I'm down with team frog.

----------


## anonymid

Frog is wrong.

----------


## Frogger

> Frogs are alright. Toads on the other hand, get exterminated in Australia



I'm glad to be an Frog then!!!

----------


## Chantellabella

Frogs are cute.

----------


## stewie

Eewwwwwwwwwwwwwwwwwwwwwwwwwwwwwwwwwwwwwwwwwwwwwwww  wwwwwwwwwwwwwwwwwwwwwwwwwwwwwwwwwwwwww

----------


## WintersTale

I don't see a difference?

----------


## Jason

> I don't see a difference?



lmao, same thought. # True story.

----------


## Anteros



----------


## Secretly Pretentious

Toads because they're easier to catch. Then I let them go after a non-consensual 2-minute cuddle session.

----------


## Relle

> Toads because they're easier to catch.
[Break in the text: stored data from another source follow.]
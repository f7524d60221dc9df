ghost use Rattle.std.specs.Prelude.{◌≡◌, ◌+◌, ◌^◌, ◌≤◌, length};
ghost use Rattle.std.specs.Int.{w64};
ghost use Rattle.lan_bytes.specs.Numbers.{number_at};

use lan_bytes::View;

/// The number in the eight bytes from `at` on, low byte first.
pub fn number(bytes: &[u8], at: u64) -> u64
    requires room { at + 8 ≤ length bytes.now }
    requires few { length bytes.now ≤ 2 ^ 63 }
    ensures { result ≡ number_at w64 bytes.now at }
{
    match View::new(0, bytes).u64_at(at) {
        Some(number) => number,
        None => 0,
    }
}
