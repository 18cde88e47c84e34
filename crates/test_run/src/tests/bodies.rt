//! What a body has, read without the code that wrote it.
use std::alloc::Global;
use std::process::Abort;

/// The number that is first, and what comes after it (Protocol Buffers, "Base 128 Varints").
fn read_number(bytes: &[u8]) -> Option<(u64, &[u8])> {
    let mut number = 0u64;
    for place in 0..10u32 {
        let byte = *bytes.get(place as usize)?;
        number |= u64::from(byte & 127).wrapping_shl(place.wrapping_mul(7));
        if byte < 128 {
            return Some((number, bytes.get(place.wrapping_add(1) as usize..)?));
        }
    }
    None
}

/// The number of the field that is first, what it holds, which is left empty where that is a
/// number, and what comes after it (Protocol Buffers, "Message Structure").
fn read_field(bytes: &[u8]) -> Option<(u64, &[u8], &[u8])> {
    let (key, rest) = read_number(bytes)?;
    let (size, rest) = match key % 8 {
        1 => (8, rest),
        2 => read_number(rest)?,
        5 => (4, rest),
        0 => (0, read_number(rest)?.1),
        _ => return None,
    };
    let held = rest.get(..size as usize)?;
    Some((key / 8, held, rest.get(size as usize..)?))
}

/// Adds what the fields of this number hold, in a message that is read whole.
fn add_fields<'a>(rt: &impl Abort, message: &'a [u8], number: u64, found: &mut Vec<&'a [u8]>) {
    let mut rest = message;
    for _field in 0..message.len() {
        if rest.is_empty() {
            return;
        }
        let (key, held, after) = read_field(rest).expect(rt, "a field");
        if key == number {
            found.push(held).expect(rt, "memory");
        }
        rest = after;
    }
}

/// What the fields of this number hold, in all of these messages.
fn fields<'a>(rt: &impl Abort, alloc: Global, messages: &[&'a [u8]], number: u64) -> Vec<&'a [u8]> {
    let mut found = Vec::new(alloc);
    for message in messages {
        add_fields(rt, message, number, &mut found);
    }
    found
}

/// The identifiers of the spans of a body: of each resource, each of its scopes and each of theirs
/// (opentelemetry-proto, trace_service.proto).
pub(crate) fn spans_in(rt: &impl Abort, alloc: Global, body: &[u8]) -> Vec<u64> {
    let resources = fields(rt, alloc, &[body], 1);
    let scopes = fields(rt, alloc, resources.as_slice(), 2);
    let spans = fields(rt, alloc, scopes.as_slice(), 2);
    let mut found = Vec::new(alloc);
    for identifier in &fields(rt, alloc, spans.as_slice(), 2) {
        let identifier = identifier.as_array().expect(rt, "eight bytes");
        let identifier = u64::from_be_bytes(*identifier);
        found.push(identifier).expect(rt, "memory");
    }
    found
}
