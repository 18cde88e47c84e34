//! An exporter that posts each body over a wire of its own, which may fail, and what the far side
//! of these wires received.
use crate::tests::random_programs::{below, one_in};
use http_exporter::LinkExporter;
use otlp_http::{FailingCalls, FailingWire, FaultWrite, Target};
use otlp_ids::OutOfMemory;
use rand_core::Rng;
use rand_pcg::Pcg32;
use retry_core::Outcome;
use span_exporter::Exporter;
use std::alloc::{AllocError, Global};
use std::process::Abort;

/// Replies, of which most ask to be tried again or refuse.
const REPLIES: [&str; 10] = [
    "HTTP/1.1 200 OK\r\nContent-Length: 0\r\n\r\n",
    "HTTP/1.1 200 OK\r\nContent-Length: 0\r\n\r\n",
    "HTTP/1.1 200 OK\r\nContent-Length: 7\r\n\r\n\x0a\x05\x08\x02\x12\x01x",
    "HTTP/1.1 503 Busy\r\nRetry-After: 1\r\n\r\n",
    "HTTP/1.1 429 Slow\r\nContent-Length: 0\r\n\r\n",
    "HTTP/1.1 504 Late\r\n\r\n",
    "HTTP/1.1 400 Bad\r\nContent-Length: 2\r\n\r\nno",
    "HTTP/1.1 200 OK\r\nContent-Le",
    "no reply of HTTP",
    "",
];

/// An attempt, and what came of it.
#[derive(Drop)]
pub(crate) struct Attempt {
    /// The number of the batch.
    pub(crate) number: u64,
    pub(crate) body: Vec<u8>,
    /// What the far side took of the request: nothing where there was no wire.
    pub(crate) taken: Vec<u8>,
    pub(crate) outcome: Outcome,
    /// Whether the wire has failed.
    pub(crate) has_failed: bool,
}

impl Attempt {
    /// The body that the far side received, if the whole of it has come.
    pub(crate) fn received(&self) -> Option<&[u8]> {
        let (head, body) = split_at_blank(self.taken.as_slice())?;
        if content_length(head) == Some(body.len()) {
            Some(body)
        } else {
            None
        }
    }
}

/// What comes before the first blank line of a text, and what comes after it.
fn split_at_blank(text: &[u8]) -> Option<(&[u8], &[u8])> {
    for at in 0..text.len() {
        let after = text.get(at..)?;
        if after.starts_with(b"\r\n\r\n") {
            return Some((text.get(..at)?, after.get(4..)?));
        }
    }
    None
}

/// The length that a line of a head gives.
fn content_length(head: &[u8]) -> Option<usize> {
    let head = str::from_utf8(head).ok()?;
    for line in head.lines() {
        if let Some(digits) = line.strip_prefix("Content-Length: ") {
            return digits.parse::<usize>().ok();
        }
    }
    None
}

/// An exporter over wires that a seeded generator makes. It keeps its attempts.
#[derive(Drop)]
pub(crate) struct FarSide {
    alloc: Global,
    rng: Pcg32,
    posts: LinkExporter<()>,
    pub(crate) attempts: Vec<Attempt>,
    /// How many attempts weren't kept, for want of memory.
    pub(crate) lost: u32,
}

impl FarSide {
    pub(crate) fn new(rt: &impl Abort, alloc: Global, seed: u64) -> FarSide {
        let target = Target::new(alloc, "127.0.0.1", 4318, "/v1/traces").expect(rt, "a target");
        FarSide {
            alloc,
            rng: Pcg32::new(seed, 2),
            posts: LinkExporter::over(alloc, alloc, (), target),
            attempts: Vec::new(alloc),
            lost: 0,
        }
    }

    /// Which calls of a wire fail: none of half of them.
    fn failing(&mut self) -> FailingCalls {
        let calls = if one_in(&mut self.rng, 2) { 6 } else { 400 };
        let call = u64::from(below(&mut self.rng, calls));
        match below(&mut self.rng, 4) {
            0 => FailingCalls::Once(call),
            1 => FailingCalls::From(call),
            _ => FailingCalls::Never,
        }
    }

    /// Seldom none, and else a wire that gives some reply, so many bytes a call, and may fail.
    fn wire(&mut self) -> Option<FailingWire> {
        if one_in(&mut self.rng, 8) {
            return None;
        }
        let reply = REPLIES.get(below(&mut self.rng, 10) as usize)?;
        let input = Vec::from_slice(self.alloc, reply.as_bytes()).ok()?;
        let most = [1, 50, 65_536]
            .get(below(&mut self.rng, 3) as usize)
            .copied();
        let failing = self.failing();
        let output = Vec::new(self.alloc);
        Some(FailingWire::new(input, output, most?.max(1), failing))
    }

    /// Posts a body over a wire, if one is there: what was taken, what came of it, and whether the
    /// wire has failed.
    fn post(&mut self, body: &[u8]) -> Result<(Vec<u8>, Outcome, bool), AllocError> {
        let Some(mut wire) = self.wire() else {
            return Ok((Vec::new(self.alloc), Outcome::NoReply, false));
        };
        let outcome = self.posts.post(&mut wire, body);
        let taken = Vec::from_slice(self.alloc, wire.taken())?;
        Ok((taken, outcome, FaultWrite::failures(&wire) > 0))
    }

    /// Posts a body, and keeps the attempt.
    fn attempt(&mut self, number: u64, body: &[u8]) -> Result<Outcome, AllocError> {
        let (taken, outcome, has_failed) = self.post(body)?;
        let body = Vec::from_slice(self.alloc, body)?;
        self.attempts.push(Attempt {
            number,
            body,
            taken,
            outcome,
            has_failed,
        })?;
        Ok(outcome)
    }
}

impl Exporter for FarSide {
    ghost use Rattle.std.specs.Prelude.{◌^◌, None};

    ghost handed = { λ _. None };

    ghost room = { λ _ _. 2 ^ 32 };

    fn prepare(&mut self, _size: usize, _attempts: u32) -> Result<(), OutOfMemory> {
        Ok(())
    }

    fn export(&mut self, number: u64, _attempt: u32, body: &[u8]) -> Outcome {
        match self.attempt(number, body) {
            Ok(outcome) => outcome,
            Err(_) => {
                self.lost = self.lost.saturating_add(1);
                Outcome::NoReply
            }
        }
    }
}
Then I let them go after a non-consensual 2-minute cuddle session.



Haha I'm guilty of this as well  ::D:  I love Toads. I used to catch them all the time as a kid.

----------


## Rawr

Frogs. Toads are creepy.

----------


## InvisibleGuy

Bullfrogs for the win. Bullfrogs rule.

Bullfrog.jpg

----------